§ WHAT YOU ARE ASKED TO DO: Copy all lines below containing "ghost".

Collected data
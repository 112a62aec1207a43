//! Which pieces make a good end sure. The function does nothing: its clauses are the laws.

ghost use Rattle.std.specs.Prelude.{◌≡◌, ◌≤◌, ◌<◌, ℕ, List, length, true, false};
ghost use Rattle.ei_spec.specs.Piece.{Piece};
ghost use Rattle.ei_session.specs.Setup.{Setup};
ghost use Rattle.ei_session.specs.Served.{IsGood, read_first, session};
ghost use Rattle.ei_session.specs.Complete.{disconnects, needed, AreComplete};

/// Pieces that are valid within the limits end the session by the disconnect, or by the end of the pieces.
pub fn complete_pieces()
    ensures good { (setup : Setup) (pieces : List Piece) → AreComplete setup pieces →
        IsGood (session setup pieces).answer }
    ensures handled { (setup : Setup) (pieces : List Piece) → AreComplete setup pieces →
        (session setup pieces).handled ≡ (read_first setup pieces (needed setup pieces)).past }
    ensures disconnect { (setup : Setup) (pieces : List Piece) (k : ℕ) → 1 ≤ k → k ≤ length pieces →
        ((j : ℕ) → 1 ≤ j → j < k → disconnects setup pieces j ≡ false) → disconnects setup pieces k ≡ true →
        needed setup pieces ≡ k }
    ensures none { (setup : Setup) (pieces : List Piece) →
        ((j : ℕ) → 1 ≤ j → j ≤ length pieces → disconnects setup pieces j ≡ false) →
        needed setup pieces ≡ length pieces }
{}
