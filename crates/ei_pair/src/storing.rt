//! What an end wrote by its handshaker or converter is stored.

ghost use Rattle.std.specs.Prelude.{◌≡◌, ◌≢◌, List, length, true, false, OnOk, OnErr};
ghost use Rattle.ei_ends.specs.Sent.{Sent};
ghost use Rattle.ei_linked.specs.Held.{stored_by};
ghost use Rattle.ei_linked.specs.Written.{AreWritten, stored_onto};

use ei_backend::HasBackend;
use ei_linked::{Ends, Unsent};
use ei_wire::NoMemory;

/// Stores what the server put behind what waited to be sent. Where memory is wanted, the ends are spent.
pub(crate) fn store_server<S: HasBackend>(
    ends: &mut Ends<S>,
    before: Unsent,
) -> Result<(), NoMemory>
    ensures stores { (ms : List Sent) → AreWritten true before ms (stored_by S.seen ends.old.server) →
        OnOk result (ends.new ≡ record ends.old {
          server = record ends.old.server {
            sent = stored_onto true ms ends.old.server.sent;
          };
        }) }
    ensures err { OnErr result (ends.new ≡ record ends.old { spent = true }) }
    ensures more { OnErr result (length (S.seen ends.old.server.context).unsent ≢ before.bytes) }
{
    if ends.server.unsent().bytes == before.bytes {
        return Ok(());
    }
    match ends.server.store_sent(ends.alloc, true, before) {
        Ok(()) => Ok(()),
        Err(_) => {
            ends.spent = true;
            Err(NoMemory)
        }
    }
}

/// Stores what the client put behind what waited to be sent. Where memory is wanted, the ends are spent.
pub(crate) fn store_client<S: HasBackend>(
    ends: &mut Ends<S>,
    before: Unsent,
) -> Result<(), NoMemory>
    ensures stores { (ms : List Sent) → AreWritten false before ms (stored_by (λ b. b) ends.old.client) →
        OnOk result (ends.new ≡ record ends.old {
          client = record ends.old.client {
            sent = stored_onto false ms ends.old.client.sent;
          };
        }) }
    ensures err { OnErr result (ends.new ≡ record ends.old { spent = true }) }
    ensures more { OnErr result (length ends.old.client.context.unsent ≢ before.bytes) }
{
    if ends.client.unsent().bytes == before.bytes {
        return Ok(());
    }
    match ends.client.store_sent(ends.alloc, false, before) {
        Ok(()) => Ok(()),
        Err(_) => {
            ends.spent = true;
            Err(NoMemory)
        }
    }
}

§ REPLY TO THE EXERCISE:
ghost use Rattle.std.specs.Prelude.{◌≡◌, ◌≤◌, ◌<◌, ℕ, List, length, true, false};
ghost use Rattle.ei_spec.specs.Piece.{Piece};
ghost use Rattle.ei_session.specs.Setup.{Setup};
ghost use Rattle.ei_session.specs.Served.{IsGood, read_first, session};
ghost use Rattle.ei_session.specs.Complete.{disconnects, needed, AreComplete};
ghost use Rattle.std.specs.Prelude.{◌≡◌, ◌≢◌, List, length, true, false, OnOk, OnErr};
ghost use Rattle.ei_ends.specs.Sent.{Sent};
ghost use Rattle.ei_linked.specs.Held.{stored_by};
ghost use Rattle.ei_linked.specs.Written.{AreWritten, stored_onto};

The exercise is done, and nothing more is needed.